| Records to use |
..............................

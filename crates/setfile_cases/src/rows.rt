// What each kind of row runs.
use crate::files::ROOM;
use crate::salvaging;
use nets::Refusal;
use setfile_compare::{Compared, Holder, compare};
use test_counts::calls::{Got, named, refuses, taken, tell};
use test_counts::table::{Word, number};
use test_counts::{Tally, calls, same};

// The words of the pools here: two sets, 140 nodes.
pub const WORDS: usize = 1200;

fn grants(a: Result<u32, Refusal>, n: usize) -> bool {
    a.is_ok_and(|m| m as usize == n)
}

// The number of the refusal that the row must get.
fn number_of(must: &[u8]) -> u32 {
    taken(must, 1) % 256
}

// Saves the set into the first bytes of the buffer.
fn save_to(pool: &[u32], set: u32, out: &mut [u8], room: usize) -> Result<u32, Refusal> {
    if out.len() < room {
        return Err(Refusal::BadSetup);
    }
    setfile::save(pool, set, &mut out[0..room])
}

// Whether the buffer begins with the bytes and is behind them as it was.
pub fn begins(out: &[u8], bytes: &[u8], was: &[u8]) -> bool {
    let n = bytes.len();
    out.starts_with(bytes) && out.get(n..) == was.get(n..)
}

// Saved to so many bytes, set 0 gives this file and leaves what is behind it.
fn fits(
    rt: &impl Print,
    t: Tally,
    pool: &[u32],
    room: usize,
    row: &[u8],
    must: &[u8],
    bytes: &[u8],
) -> Tally {
    let was = [165u8; ROOM];
    let mut out = [165u8; ROOM];
    let a = save_to(pool, 0, &mut out, room);
    let t = tell(rt, t, row, must, grants(a, bytes.len()));
    tell(rt, t, row, must, begins(&out, bytes, &was))
}

// Saved to so many bytes, the set gets this refusal, and no byte changes.
fn denies(
    rt: &impl Print,
    t: Tally,
    pool: &[u32],
    set: u32,
    room: usize,
    row: &[u8],
    must: &[u8],
    no: u32,
) -> Tally {
    let was = [165u8; ROOM];
    let mut out = [165u8; ROOM];
    let a = save_to(pool, set, &mut out, room);
    let t = tell(rt, t, row, must, refuses(a, no));
    tell(rt, t, row, must, out == was)
}

// The file of set 0: with room to spare, with just enough, and with a byte less.
fn saves(rt: &impl Print, t: Tally, pool: &[u32], row: &[u8], must: &[u8], bytes: &[u8]) -> Tally {
    let t = fits(rt, t, pool, ROOM, row, must, bytes);
    let t = fits(rt, t, pool, bytes.len(), row, must, bytes);
    if bytes.len() == 0 {
        return t;
    }
    denies(rt, t, pool, 0, bytes.len() - 1, row, must, 11)
}

// Laid out for the family, a pool refuses the file, and keeps every word.
fn breaks(rt: &impl Print, t: Tally, family: u8, row: &[u8], must: &[u8], bytes: &[u8]) -> Tally {
    let no = number_of(must);
    let mut pool = [0u32; WORDS];
    let a = pool::layout(&mut pool, family, 0, 2, 140, &[0, 0], &[140, 140], 0);
    let t = tell(rt, t, row, must, grants(a, 0));
    let was = pool;
    let a = setfile::load(&mut pool, 0, bytes);
    let t = tell(rt, t, row, must, refuses(a, no));
    tell(rt, t, row, must, same(&was, &pool))
}

// Every beginning of the file is broken.
fn cuts(rt: &impl Print, t: Tally, family: u8, row: &[u8], must: &[u8], bytes: &[u8]) -> Tally {
    let mut t = t;
    for n in 0..bytes.len() {
        t = breaks(rt, t, family, row, must, &bytes[0..n]);
    }
    t
}

fn load_or(pool: &mut [u32], row: &[u8], bytes: &[u8]) -> Got {
    match calls::letter(row) {
        b't' | b'b' => calls::answer(setfile::load(pool, taken(row, 1), bytes)),
        _ => calls::call(pool, row),
    }
}

// An answer of compare as the words of a row: which file alone holds the address, and the address; or which of the others it is.
fn matched(c: Result<Compared, Refusal>) -> Got {
    match c {
        Ok(Compared::Differs(h, n)) => {
            let second = Word {
                form: n.family,
                hi: n.hi,
                lo: n.lo,
            };
            let first = match h {
                Holder::First => named(b'f'),
                Holder::Second => named(b'o'),
            };
            Got { first, second }
        }
        Ok(Compared::Longer) => Got {
            first: named(b'l'),
            second: number(0),
        },
        Ok(Compared::Shortest) => Got {
            first: named(b's'),
            second: number(0),
        },
        Err(no) => calls::refusal(no),
    }
}

// Two files, the first of so many bytes.
fn matches(rt: &impl Print, t: Tally, row: &[u8], must: &[u8], bytes: &[u8], n: usize) -> Tally {
    if bytes.len() < n {
        return tell(rt, t, row, must, false);
    }
    calls::score(
        rt,
        t,
        row,
        must,
        matched(compare(&bytes[0..n], &bytes[n..])),
    )
}

// A row of one call, which may change the pool.
fn call(
    rt: &impl Print,
    t: Tally,
    pool: &mut [u32; WORDS],
    row: &[u8],
    must: &[u8],
    bytes: &[u8],
) -> Tally {
    let was = *pool;
    let got = load_or(pool, row, bytes);
    let t = calls::score(rt, t, row, must, got);
    calls::keeps(rt, t, row, must, &was, pool)
}

// The row, by its first letter: several cases, but for the calls.
fn with_file(
    rt: &impl Print,
    t: Tally,
    pool: &mut [u32; WORDS],
    row: &[u8],
    must: &[u8],
    bytes: &[u8],
) -> Tally {
    let n = taken(row, 1);
    match calls::letter(row) {
        b'g' => saves(rt, t, pool, row, must, bytes),
        b'd' => denies(
            rt,
            t,
            pool,
            n,
            taken(row, 2) as usize,
            row,
            must,
            number_of(must),
        ),
        b'o' => breaks(rt, t, (n % 256) as u8, row, must, bytes),
        b'c' => cuts(rt, t, (n % 256) as u8, row, must, bytes),
        b'e' => matches(rt, t, row, must, bytes, n as usize),
        b'm' => salvaging::mend(rt, t, row, must, bytes),
        b'b' => {
            let t = call(rt, t, pool, row, must, bytes);
            saves(rt, t, pool, row, must, bytes)
        }
        _ => call(rt, t, pool, row, must, bytes),
    }
}

// The row, with a file of so many of the bytes.
pub fn run(
    rt: &impl Print,
    t: Tally,
    pool: &mut [u32; WORDS],
    row: &[u8],
    must: &[u8],
    all: &[u8; ROOM],
    n: usize,
) -> Tally {
    let bytes: &[u8] = all;
    if bytes.len() < n {
        return t;
    }
    with_file(rt, t, pool, row, must, &bytes[0..n])
}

..............................

| Exercise details |
Apply a filter for "bool" to the data above, then copy each line that matches.

| Answer to the exercise |
fn grants(a: Result<u32, Refusal>, n: usize) -> bool {
pub fn begins(out: &[u8], bytes: &[u8], was: &[u8]) -> bool {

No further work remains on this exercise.